### RECORDS PROVIDED
//! What is wrong with a line, and how to mend it.

use crate::contexts::Context;
use crate::forms::{
    ALONE, CHOICES, CLAIMS, CONFIG, CONFIGS, HOOKS, LIMITS, TYPED, arguments_of, put_form, told_of,
    words_with,
};
use crate::places::{Place, byte_in, comment_in, empty_word, end_of, word_after, words_from};
use crate::race_hints::{find_in_race, prefix_length};
use crate::texts::Text;
use schedule_lines::numbers::{is_digits, number_of};
use schedule_lines::words::word_count;
use schedule_lines::{Fault, FaultKind};

/// Finds the part of a line that is at fault, and tells how to mend it.
pub(crate) fn find<'a>(
    help: &mut Text,
    fault: FaultKind,
    line: &'a [u8],
    context: Context,
) -> Place<'a> {
    if fault == FaultKind::Schedule(Fault::CutOff) {
        help.put("the last line has no newline at its end: add one");
        return end_of(line);
    }
    if let Some(place) = find_race_given(help, fault, line, context) {
        return place;
    }
    match find_bytes(help, line) {
        Some(place) => place,
        None => find_word(help, fault, line, context),
    }
}

/// Finds the line `race` where a schedule is expected.
fn find_race_given<'a>(
    help: &mut Text,
    fault: FaultKind,
    line: &'a [u8],
    context: Context,
) -> Option<Place<'a>> {
    let race = word_after(line, 0);
    match context {
        Context::Schedule(_)
            if fault == FaultKind::Schedule(Fault::UnknownCommand)
                && race.part == b"race".as_slice() => {
            help.put("this is a race: 'mntgate outcomes' lists its outcomes");
            Some(race)
        }
        _ => None,
    }
}

/// Finds bytes that are in no line of a schedule, but in what some editors write.
fn find_bytes<'a>(help: &mut Text, line: &'a [u8]) -> Option<Place<'a>> {
    if line.starts_with(b"\xef\xbb\xbf") {
        help.put("the file begins with a byte order mark: write it without one");
        return Some(Place {
            part: line.get(..3)?,
            column: 1,
        });
    }
    if line.starts_with(b"\xff\xfe") || line.starts_with(b"\xfe\xff") {
        help.put("the file is UTF-16: write it as UTF-8, without a byte order mark");
        return Some(Place {
            part: line.get(..2)?,
            column: 1,
        });
    }
    if let Some(place) = byte_in(line, b'\r') {
        help.put("a carriage return stands here: end lines with a newline alone");
        return Some(place);
    }
    if let Some(place) = byte_in(line, b'\t') {
        help.put("a tab stands here: write one space between two words");
        return Some(place);
    }
    find_spaces(help, line)
}

/// Finds spaces that are too many, and a comment behind a command.
fn find_spaces<'a>(help: &mut Text, line: &'a [u8]) -> Option<Place<'a>> {
    if let Some(place) = comment_in(line) {
        help.put("a comment has a line of its own, which begins with '#'");
        return Some(place);
    }
    let place = empty_word(line)?;
    help.put("a space is too many: one stands between two words, and none at either end");
    Some(place)
}

/// Finds the word at fault.
fn find_word<'a>(help: &mut Text, fault: FaultKind, line: &'a [u8], context: Context) -> Place<'a> {
    match context {
        Context::Opening => find_in_config(help, fault, line),
        Context::Schedule(tasks) => find_in_command(help, fault, line, tasks, false),
        Context::Race(tasks) => match find_in_race(help, fault, line) {
            Some(place) => place,
            None => find_in_call(help, fault, line, tasks),
        },
    }
}

/// Finds what is wrong with a first line.
fn find_in_config<'a>(help: &mut Text, fault: FaultKind, line: &'a [u8]) -> Place<'a> {
    match fault {
        FaultKind::Schedule(Fault::ConfigExpected) => {
            let first = word_after(line, 0);
            match help.nearest(first.part, CONFIGS.as_slice()) {
                Some(_) => help.put("did you mean 'config'?"),
                None => tell_first_line(help),
            }
            first
        }
        FaultKind::Schedule(Fault::WrongNumberOfWords) => {
            help.quoted("its form is", CONFIG);
            end_or_rest(line, word_count(CONFIG.as_bytes()))
        }
        FaultKind::Schedule(Fault::Refused(_)) => find_limit(help, line),
        _ => find_number(help, line, 1),
    }
}

/// Tells what the first line has to be.
pub(crate) fn tell_first_line(help: &mut Text) {
    help.quoted("the first line is", CONFIG);
    help.put(", as 'config 2 1 1 2 8'");
}

/// Finds what is wrong with a line behind the configuration, where there are so many tasks: in a race, or in a schedule.
fn find_in_command<'a>(
    help: &mut Text,
    fault: FaultKind,
    line: &'a [u8],
    tasks: u8,
    is_race: bool,
) -> Place<'a> {
    let first = word_after(line, 0);
    if !is_digits(first.part) {
        return find_alone(help, fault, line, is_race);
    }
    match fault {
        FaultKind::Schedule(Fault::UnknownCommand) => {
            find_verb(help, word_after(line, 1), is_race)
        }
        FaultKind::Schedule(Fault::NoSuchTask) => {
            tell_tasks(help, tasks);
            first
        }
        _ => find_argument(help, fault, line),
    }
}

/// Finds what is wrong with a line of a race that may have a prefix before its command.
fn find_in_call<'a>(help: &mut Text, fault: FaultKind, line: &'a [u8], tasks: u8) -> Place<'a> {
    let prefix = prefix_length(line);
    if prefix == 0 || fault == FaultKind::Schedule(Fault::NoSuchTask) {
        return find_in_command(help, fault, line, tasks, true);
    }
    // The last word of the prefix stands where a line without one has its task.
    let call = words_from(line, prefix);
    let place = match fault {
        FaultKind::Schedule(Fault::UnknownCommand) => {
            find_verb(help, word_after(call.part, 1), true)
        }
        _ => find_argument(help, fault, call.part),
    };
    Place {
        part: place.part,
        column: place.column.saturating_add(call.column).saturating_sub(1),
    }
}

/// Finds what is wrong with a line that doesn't begin with a number.
fn find_alone<'a>(help: &mut Text, fault: FaultKind, line: &'a [u8], is_race: bool) -> Place<'a> {
    let first = word_after(line, 0);
    match fault {
        FaultKind::Schedule(Fault::ConfigTwice) => help.put(
            "a schedule has one configuration, its first line",
        ),
        FaultKind::Schedule(Fault::UnknownCommand) => tell_no_command(help, line, is_race),
        FaultKind::UnderWay => {
            help.put("each call before 'race' has to end there: 'T run' until it is answered");
        }
        _ => {
            help.put("'");
            help.bytes(first.part);
            help.put("' stands alone on its line");
            return end_or_rest(line, 1);
        }
    }
    first
}

/// Tells what may be meant by a first word that is no command: one that stands alone or claims something of a race, or one on a task, whose
/// number is missing.
fn tell_no_command(help: &mut Text, line: &[u8], is_race: bool) {
    let word = word_after(line, 0).part;
    if let Some(text) = told_of(TYPED.as_slice(), word) {
        return help.put(text);
    }
    if arguments_of(word).is_some() {
        help.put("a line begins with the number of a task: '0 ");
        help.bytes(line);
        return help.put("'");
    }
    let forms = if is_race {
        CLAIMS.as_slice()
    } else {
        ALONE.as_slice()
    };
    if let Some(name) = help.nearest(word, forms) {
        return tell_near(help, name);
    }
    match help.nearest_verb(word) {
        Some(name) => {
            help.quoted("did you mean", name);
            help.put(", behind the number of a task?");
        }
        None if is_race => help.put(
            "a line begins with the number of a task, or with 'never', 'sometimes', 'always' or 'invariant'",
        ),
        None => help.put(
            "a line is 'words', 'tree' or 'model', or begins with the number of a task",
        ),
    }
}

/// Asks whether this word was meant.
fn tell_near(help: &mut Text, name: &str) {
    help.quoted("did you mean", name);
    help.put("?");
}

/// Returns what is printed of a word that stands where a command has to, and that only a race knows, or only in another place.
fn misplaced(word: &[u8], is_race: bool) -> Option<&'static str> {
    let is_hook = word == b"hook".as_slice();
    let is_prefix = word == b"after".as_slice()
        || word == b"if".as_slice()
        || word == b"retry".as_slice();
    match (is_hook, is_prefix) {
        (true, _) if is_race => Some(
            "a line 'hook' speaks of the task's last call, and has no prefix",
        ),
        (true, _) => Some(
            "'hook' stands behind a line 'race'; here 'T run HOOK CODE' lets a hook fail",
        ),
        (_, true) if is_race => Some(
            "a line has 'after T.K' first, then 'if ok' or 'if refused', then 'retry', then its call",
        ),
        (_, true) => Some("'after', 'if' and 'retry' stand behind a line 'race'"),
        _ => None,
    }
}

/// Tells what may be meant by a second word that is no command on a task.
fn find_verb<'a>(help: &mut Text, place: Place<'a>, is_race: bool) -> Place<'a> {
    if let Some(text) = misplaced(place.part, is_race) {
        help.put(text);
        return place;
    }
    let near = if is_race {
        help.nearest(place.part, HOOKS.as_slice())
    } else {
        None
    };
    match near.or(help.nearest_verb(place.part)) {
        Some(name) => tell_near(help, name),
        None => help.put("there is no such command on a task"),
    }
    place
}

/// Tells which tasks there are.
fn tell_tasks(help: &mut Text, tasks: u8) {
    if tasks > 1 {
        help.put("the tasks are 0 to ");
        help.put(tasks.saturating_sub(1));
    } else {
        help.put("the one task is 0");
    }
}

/// Finds what is wrong with the arguments of a command on a task. A code is the last of them.
fn find_argument<'a>(help: &mut Text, fault: FaultKind, line: &'a [u8]) -> Place<'a> {
    let verb = word_after(line, 1);
    let Some(arguments) = arguments_of(verb.part) else {
        help.put("a command follows the number of its task");
        return verb;
    };
    match fault {
        FaultKind::Schedule(Fault::BadWord) => find_choice(help, line, arguments),
        FaultKind::Schedule(Fault::BadNumber)
            if arguments.ends_with("CODE]") || arguments.ends_with(" CODE") => {
            help.put("a code is a number from 1 to 65535");
            word_after(line, word_count(line).saturating_sub(1))
        }
        FaultKind::Schedule(Fault::BadNumber) => find_number(help, line, 2),
        _ => {
            put_form(help, "its form is", verb.part, arguments);
            end_or_rest(line, words_with(arguments))
        }
    }
}

/// Returns what a line has behind so many words; its end, if it has nothing there.
fn end_or_rest<'a>(line: &'a [u8], count: usize) -> Place<'a> {
    let rest = words_from(line, count);
    if rest.part.is_empty() {
        end_of(line)
    } else {
        rest
    }
}

/// Finds the first word behind so many that is no number.
fn find_number<'a>(help: &mut Text, line: &'a [u8], before: usize) -> Place<'a> {
    for number in before..word_count(line) {
        let place = word_after(line, number);
        if number_of(place.part).is_none() {
            help.put("a number has 1 to 10 digits and is at most 4294967295");
            return place;
        }
    }
    end_of(line)
}

/// Finds the word in whose place one of some words has to stand.
fn find_choice<'a>(help: &mut Text, line: &'a [u8], arguments: &str) -> Place<'a> {
    let arguments = arguments.as_bytes();
    for number in 0..word_count(arguments) {
        if let Some(text) = told_of(CHOICES.as_slice(), word_after(arguments, number).part) {
            help.put(text);
            return word_after(line, number.saturating_add(2));
        }
    }
    end_of(line)
}

/// Finds the first number of a configuration that is out of its limits.
fn find_limit<'a>(help: &mut Text, line: &'a [u8]) -> Place<'a> {
    for (number, (least, most, text)) in LIMITS.iter().enumerate() {
        let place = word_after(line, number.saturating_add(1));
        let given = number_of(place.part).unwrap_or(0);
        if given < *least || *most < given {
            help.put(*text);
            return place;
        }
    }
    word_after(line, 0)
}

### WORK ORDER
Set down exactly the lines above that run from the start of the listing to the line with "use crate::texts::Text;". Leave out every later line.

### ANSWER SPACE
//! What is wrong with a line, and how to mend it.

use crate::contexts::Context;
use crate::forms::{
    ALONE, CHOICES, CLAIMS, CONFIG, CONFIGS, HOOKS, LIMITS, TYPED, arguments_of, put_form, told_of,
    words_with,
};
use crate::places::{Place, byte_in, comment_in, empty_word, end_of, word_after, words_from};
use crate::race_hints::{find_in_race, prefix_length};
use crate::texts::Text;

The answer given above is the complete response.